» **Material provided**:
-------
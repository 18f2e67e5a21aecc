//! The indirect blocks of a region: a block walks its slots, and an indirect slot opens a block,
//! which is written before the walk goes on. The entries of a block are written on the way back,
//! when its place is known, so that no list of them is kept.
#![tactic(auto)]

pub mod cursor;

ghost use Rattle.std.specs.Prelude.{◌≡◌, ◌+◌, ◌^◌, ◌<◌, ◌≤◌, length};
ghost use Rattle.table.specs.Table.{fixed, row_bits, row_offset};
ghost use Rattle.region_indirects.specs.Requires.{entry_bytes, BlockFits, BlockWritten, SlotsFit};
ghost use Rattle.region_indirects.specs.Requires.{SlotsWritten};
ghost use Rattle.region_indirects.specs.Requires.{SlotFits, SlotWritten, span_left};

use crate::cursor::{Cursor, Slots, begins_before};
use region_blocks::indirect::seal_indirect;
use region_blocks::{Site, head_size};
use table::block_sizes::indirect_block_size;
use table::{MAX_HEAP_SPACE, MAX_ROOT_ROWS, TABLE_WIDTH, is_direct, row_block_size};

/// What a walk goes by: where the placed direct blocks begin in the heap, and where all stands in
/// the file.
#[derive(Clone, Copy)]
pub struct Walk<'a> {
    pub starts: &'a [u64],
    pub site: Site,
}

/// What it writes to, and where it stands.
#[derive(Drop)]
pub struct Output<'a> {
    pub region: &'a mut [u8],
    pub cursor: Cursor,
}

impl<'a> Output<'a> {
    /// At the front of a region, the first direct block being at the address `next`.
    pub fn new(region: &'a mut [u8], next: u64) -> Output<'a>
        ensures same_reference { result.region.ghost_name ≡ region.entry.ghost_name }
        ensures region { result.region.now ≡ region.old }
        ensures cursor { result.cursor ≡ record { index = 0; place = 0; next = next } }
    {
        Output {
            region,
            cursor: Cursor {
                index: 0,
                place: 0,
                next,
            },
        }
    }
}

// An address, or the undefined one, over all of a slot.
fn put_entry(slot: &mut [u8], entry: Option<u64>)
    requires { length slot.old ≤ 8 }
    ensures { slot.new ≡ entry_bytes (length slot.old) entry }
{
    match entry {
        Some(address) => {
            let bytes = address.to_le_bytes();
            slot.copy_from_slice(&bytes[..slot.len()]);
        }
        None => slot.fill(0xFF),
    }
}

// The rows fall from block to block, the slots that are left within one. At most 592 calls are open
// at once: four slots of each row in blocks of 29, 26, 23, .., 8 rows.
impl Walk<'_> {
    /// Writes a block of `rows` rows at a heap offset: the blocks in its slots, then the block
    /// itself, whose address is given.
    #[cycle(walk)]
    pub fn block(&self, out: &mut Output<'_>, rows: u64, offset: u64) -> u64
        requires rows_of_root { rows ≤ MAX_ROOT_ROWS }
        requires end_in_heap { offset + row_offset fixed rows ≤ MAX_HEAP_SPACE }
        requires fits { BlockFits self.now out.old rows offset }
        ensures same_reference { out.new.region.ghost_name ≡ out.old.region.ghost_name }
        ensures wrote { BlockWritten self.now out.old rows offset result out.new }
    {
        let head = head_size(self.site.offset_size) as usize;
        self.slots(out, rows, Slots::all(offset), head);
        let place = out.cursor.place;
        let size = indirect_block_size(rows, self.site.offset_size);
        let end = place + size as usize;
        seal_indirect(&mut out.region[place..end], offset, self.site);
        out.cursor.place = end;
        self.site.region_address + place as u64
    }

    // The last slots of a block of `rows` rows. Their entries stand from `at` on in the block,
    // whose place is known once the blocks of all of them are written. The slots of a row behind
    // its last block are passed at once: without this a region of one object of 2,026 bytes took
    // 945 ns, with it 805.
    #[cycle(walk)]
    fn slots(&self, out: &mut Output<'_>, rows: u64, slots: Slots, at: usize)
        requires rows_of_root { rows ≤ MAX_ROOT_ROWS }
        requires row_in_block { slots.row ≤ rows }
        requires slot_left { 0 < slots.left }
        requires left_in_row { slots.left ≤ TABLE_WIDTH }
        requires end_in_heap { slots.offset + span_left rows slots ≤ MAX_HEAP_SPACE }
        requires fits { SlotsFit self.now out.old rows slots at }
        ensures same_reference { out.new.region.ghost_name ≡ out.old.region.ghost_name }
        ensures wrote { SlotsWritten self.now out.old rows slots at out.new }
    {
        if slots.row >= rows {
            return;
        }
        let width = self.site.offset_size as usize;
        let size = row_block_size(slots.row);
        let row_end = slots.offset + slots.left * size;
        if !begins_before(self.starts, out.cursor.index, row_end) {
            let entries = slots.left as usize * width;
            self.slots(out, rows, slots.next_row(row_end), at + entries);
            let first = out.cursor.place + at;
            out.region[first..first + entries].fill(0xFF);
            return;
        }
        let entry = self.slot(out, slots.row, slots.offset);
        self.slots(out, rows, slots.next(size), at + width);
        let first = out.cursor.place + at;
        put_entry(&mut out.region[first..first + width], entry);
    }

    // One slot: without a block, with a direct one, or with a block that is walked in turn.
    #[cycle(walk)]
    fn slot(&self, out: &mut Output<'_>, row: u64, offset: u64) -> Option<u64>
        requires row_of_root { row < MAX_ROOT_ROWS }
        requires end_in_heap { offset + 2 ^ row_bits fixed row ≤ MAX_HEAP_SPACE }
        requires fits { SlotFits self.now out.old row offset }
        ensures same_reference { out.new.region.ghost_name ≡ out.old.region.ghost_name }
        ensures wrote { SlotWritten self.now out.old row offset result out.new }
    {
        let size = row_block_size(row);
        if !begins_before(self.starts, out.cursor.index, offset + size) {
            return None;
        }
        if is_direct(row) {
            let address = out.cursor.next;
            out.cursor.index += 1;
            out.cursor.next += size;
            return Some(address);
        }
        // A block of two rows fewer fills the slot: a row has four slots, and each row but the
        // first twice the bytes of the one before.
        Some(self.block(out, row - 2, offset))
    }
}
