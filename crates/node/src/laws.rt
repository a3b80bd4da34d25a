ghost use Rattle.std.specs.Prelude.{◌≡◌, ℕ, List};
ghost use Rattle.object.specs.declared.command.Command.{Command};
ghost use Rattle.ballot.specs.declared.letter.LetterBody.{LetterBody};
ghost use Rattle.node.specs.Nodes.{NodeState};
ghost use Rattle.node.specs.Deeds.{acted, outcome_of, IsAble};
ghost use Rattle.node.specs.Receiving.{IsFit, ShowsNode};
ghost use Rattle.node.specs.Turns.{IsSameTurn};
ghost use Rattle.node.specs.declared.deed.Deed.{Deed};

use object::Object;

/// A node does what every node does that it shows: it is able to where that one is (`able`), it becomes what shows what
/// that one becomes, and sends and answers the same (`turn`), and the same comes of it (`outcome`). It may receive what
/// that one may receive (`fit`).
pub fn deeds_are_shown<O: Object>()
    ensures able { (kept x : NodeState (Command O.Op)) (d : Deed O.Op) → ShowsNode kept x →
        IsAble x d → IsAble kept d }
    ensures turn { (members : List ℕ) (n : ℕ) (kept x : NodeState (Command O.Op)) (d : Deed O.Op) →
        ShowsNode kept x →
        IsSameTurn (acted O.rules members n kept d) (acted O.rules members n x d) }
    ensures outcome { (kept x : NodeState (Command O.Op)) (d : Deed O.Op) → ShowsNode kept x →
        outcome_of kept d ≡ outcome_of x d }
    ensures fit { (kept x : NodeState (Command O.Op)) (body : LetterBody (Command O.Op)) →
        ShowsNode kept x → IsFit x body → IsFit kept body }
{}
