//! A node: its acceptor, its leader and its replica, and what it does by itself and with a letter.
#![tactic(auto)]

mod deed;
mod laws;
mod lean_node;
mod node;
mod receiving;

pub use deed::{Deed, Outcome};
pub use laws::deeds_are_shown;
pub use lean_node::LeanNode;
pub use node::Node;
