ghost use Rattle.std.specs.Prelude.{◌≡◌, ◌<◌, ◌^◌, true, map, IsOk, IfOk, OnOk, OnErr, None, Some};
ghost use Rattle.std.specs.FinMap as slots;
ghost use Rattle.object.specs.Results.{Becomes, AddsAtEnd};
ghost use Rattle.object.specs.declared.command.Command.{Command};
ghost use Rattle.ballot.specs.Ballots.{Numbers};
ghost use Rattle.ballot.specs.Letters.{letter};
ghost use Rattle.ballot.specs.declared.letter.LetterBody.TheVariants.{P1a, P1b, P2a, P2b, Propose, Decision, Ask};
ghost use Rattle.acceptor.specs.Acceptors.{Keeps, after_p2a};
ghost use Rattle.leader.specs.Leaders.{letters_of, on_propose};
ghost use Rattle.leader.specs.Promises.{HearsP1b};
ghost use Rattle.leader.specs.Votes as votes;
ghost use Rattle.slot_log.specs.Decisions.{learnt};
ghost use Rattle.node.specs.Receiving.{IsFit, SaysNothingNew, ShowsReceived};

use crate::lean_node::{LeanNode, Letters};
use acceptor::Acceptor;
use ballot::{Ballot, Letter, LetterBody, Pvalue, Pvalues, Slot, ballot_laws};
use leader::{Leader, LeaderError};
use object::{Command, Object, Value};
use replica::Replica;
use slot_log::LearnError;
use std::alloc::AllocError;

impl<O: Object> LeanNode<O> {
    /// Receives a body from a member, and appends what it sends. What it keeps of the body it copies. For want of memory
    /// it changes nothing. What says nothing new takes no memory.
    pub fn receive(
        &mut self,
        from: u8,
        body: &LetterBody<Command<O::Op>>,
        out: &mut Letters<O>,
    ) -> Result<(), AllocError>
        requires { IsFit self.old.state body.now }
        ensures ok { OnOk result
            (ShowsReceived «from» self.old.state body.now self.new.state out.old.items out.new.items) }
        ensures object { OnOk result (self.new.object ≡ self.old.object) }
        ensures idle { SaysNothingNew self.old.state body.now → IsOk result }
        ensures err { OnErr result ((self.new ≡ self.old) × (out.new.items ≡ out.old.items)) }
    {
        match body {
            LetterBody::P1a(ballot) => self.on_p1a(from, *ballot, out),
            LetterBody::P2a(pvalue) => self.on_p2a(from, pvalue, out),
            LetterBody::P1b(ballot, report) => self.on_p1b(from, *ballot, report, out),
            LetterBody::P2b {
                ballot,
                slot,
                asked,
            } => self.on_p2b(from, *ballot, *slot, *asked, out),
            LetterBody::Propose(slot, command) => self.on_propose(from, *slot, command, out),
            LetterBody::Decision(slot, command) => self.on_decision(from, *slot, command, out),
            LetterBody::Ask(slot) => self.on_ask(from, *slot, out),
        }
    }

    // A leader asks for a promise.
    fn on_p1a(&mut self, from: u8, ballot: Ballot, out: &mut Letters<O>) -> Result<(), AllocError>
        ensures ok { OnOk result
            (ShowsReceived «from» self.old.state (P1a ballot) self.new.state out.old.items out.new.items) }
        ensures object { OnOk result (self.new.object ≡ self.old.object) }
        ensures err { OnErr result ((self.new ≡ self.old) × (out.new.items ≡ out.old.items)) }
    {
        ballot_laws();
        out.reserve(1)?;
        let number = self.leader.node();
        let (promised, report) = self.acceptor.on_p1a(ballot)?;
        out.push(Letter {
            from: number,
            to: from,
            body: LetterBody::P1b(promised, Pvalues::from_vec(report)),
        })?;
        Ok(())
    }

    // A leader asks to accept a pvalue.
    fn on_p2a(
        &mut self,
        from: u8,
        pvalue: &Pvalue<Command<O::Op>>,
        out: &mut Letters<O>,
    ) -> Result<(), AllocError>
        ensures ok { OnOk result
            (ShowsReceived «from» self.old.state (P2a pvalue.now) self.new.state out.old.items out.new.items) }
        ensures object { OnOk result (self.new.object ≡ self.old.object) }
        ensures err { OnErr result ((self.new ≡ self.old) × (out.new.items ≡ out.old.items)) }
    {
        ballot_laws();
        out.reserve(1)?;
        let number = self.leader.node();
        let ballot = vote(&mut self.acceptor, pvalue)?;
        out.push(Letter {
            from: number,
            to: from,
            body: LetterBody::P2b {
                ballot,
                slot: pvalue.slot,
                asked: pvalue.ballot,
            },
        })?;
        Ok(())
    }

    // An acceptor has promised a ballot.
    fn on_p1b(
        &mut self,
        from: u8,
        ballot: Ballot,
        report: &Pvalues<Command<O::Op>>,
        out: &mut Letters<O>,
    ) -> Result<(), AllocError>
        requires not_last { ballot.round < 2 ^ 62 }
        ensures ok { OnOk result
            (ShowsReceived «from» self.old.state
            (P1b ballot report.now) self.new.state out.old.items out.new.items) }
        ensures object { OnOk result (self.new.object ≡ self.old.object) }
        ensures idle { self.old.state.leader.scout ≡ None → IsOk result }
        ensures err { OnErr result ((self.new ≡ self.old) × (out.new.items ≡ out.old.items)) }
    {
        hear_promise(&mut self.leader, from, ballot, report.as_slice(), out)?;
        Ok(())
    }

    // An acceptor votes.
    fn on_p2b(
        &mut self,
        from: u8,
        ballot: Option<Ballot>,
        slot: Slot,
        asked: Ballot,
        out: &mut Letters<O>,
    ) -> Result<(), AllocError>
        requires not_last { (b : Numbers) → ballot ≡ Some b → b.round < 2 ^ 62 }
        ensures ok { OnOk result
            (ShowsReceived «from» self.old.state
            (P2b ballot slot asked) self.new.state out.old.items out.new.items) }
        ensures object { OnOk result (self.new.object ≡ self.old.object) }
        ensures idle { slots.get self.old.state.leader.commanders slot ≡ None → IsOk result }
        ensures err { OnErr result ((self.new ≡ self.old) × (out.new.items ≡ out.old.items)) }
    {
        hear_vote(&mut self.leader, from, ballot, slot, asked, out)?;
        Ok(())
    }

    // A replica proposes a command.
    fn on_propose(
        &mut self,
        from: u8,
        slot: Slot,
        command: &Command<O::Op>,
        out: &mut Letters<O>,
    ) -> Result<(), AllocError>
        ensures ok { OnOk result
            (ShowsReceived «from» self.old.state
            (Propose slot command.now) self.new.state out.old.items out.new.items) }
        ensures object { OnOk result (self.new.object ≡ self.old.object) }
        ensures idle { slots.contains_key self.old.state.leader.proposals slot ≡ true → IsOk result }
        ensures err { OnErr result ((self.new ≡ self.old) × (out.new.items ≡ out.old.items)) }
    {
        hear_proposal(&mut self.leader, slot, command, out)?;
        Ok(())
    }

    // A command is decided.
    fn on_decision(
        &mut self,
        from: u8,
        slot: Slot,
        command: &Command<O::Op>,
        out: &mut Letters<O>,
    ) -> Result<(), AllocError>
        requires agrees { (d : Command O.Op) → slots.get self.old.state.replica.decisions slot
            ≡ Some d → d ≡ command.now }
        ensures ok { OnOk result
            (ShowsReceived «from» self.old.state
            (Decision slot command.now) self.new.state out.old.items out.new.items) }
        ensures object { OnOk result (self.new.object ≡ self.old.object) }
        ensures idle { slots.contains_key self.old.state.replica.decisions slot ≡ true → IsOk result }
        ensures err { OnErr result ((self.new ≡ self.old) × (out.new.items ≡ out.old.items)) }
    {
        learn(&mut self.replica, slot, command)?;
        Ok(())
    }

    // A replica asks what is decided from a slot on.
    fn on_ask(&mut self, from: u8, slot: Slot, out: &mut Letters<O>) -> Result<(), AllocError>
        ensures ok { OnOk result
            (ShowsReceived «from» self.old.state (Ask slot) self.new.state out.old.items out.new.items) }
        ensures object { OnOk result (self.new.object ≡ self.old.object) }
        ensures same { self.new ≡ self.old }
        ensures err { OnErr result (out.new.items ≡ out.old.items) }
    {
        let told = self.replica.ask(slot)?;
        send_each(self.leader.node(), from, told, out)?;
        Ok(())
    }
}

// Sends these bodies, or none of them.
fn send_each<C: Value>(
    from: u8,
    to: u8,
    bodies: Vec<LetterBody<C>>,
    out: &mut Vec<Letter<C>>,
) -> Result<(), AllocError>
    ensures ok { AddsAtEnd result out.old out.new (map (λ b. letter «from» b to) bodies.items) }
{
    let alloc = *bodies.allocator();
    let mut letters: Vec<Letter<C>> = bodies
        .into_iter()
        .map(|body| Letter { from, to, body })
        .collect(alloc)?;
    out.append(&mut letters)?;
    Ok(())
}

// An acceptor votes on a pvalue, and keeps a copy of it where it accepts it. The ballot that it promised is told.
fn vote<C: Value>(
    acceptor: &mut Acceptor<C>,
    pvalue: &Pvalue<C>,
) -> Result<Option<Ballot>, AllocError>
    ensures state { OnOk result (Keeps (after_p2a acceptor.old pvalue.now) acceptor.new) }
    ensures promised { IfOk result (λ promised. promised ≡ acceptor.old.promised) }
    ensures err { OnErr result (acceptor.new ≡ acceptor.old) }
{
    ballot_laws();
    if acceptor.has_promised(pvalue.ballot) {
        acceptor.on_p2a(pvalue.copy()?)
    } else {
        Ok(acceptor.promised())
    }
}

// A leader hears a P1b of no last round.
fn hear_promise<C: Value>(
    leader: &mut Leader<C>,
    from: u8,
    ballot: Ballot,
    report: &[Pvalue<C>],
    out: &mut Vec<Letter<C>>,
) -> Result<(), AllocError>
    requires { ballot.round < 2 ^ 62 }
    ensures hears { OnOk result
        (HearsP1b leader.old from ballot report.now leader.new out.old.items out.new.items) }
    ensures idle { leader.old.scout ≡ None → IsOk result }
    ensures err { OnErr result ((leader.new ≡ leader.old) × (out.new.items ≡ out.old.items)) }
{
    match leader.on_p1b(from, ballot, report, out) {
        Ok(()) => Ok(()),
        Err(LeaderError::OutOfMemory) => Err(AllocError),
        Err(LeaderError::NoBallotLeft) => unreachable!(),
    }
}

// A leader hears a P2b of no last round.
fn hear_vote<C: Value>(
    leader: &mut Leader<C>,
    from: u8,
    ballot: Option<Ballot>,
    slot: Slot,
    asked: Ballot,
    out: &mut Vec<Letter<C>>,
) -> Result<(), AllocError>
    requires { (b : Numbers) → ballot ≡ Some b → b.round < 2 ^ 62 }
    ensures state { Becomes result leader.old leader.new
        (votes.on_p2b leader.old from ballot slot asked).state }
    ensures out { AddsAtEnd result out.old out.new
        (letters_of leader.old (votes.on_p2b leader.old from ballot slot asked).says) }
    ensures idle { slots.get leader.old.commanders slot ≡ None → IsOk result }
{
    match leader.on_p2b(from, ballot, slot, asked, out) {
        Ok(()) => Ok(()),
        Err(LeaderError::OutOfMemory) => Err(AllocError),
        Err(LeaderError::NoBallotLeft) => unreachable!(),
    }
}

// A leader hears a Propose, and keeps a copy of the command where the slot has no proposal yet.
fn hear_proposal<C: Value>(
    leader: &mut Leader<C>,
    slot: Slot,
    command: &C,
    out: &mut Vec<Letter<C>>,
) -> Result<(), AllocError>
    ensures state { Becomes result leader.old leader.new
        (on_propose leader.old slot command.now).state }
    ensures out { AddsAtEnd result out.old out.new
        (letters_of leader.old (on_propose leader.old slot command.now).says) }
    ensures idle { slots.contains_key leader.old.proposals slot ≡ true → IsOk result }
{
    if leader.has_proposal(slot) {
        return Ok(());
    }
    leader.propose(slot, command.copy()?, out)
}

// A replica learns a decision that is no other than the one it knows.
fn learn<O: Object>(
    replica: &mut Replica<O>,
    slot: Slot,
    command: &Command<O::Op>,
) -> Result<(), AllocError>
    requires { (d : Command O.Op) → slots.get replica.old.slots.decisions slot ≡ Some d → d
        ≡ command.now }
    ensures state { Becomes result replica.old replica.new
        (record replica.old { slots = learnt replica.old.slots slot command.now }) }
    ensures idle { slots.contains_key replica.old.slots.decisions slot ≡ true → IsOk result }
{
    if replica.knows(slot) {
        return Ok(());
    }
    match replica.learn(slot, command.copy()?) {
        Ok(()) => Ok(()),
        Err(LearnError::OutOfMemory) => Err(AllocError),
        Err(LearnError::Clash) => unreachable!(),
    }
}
-------
» **Exercise description**: Look through the entries above, find each line containing "members", and copy it.

» **Your solution**:
    ensures turn { (members : List ℕ) (n : ℕ) (kept x : NodeState (Command O.Op)) (d : Deed O.Op) →
        IsSameTurn (acted O.rules members n kept d) (acted O.rules members n x d) }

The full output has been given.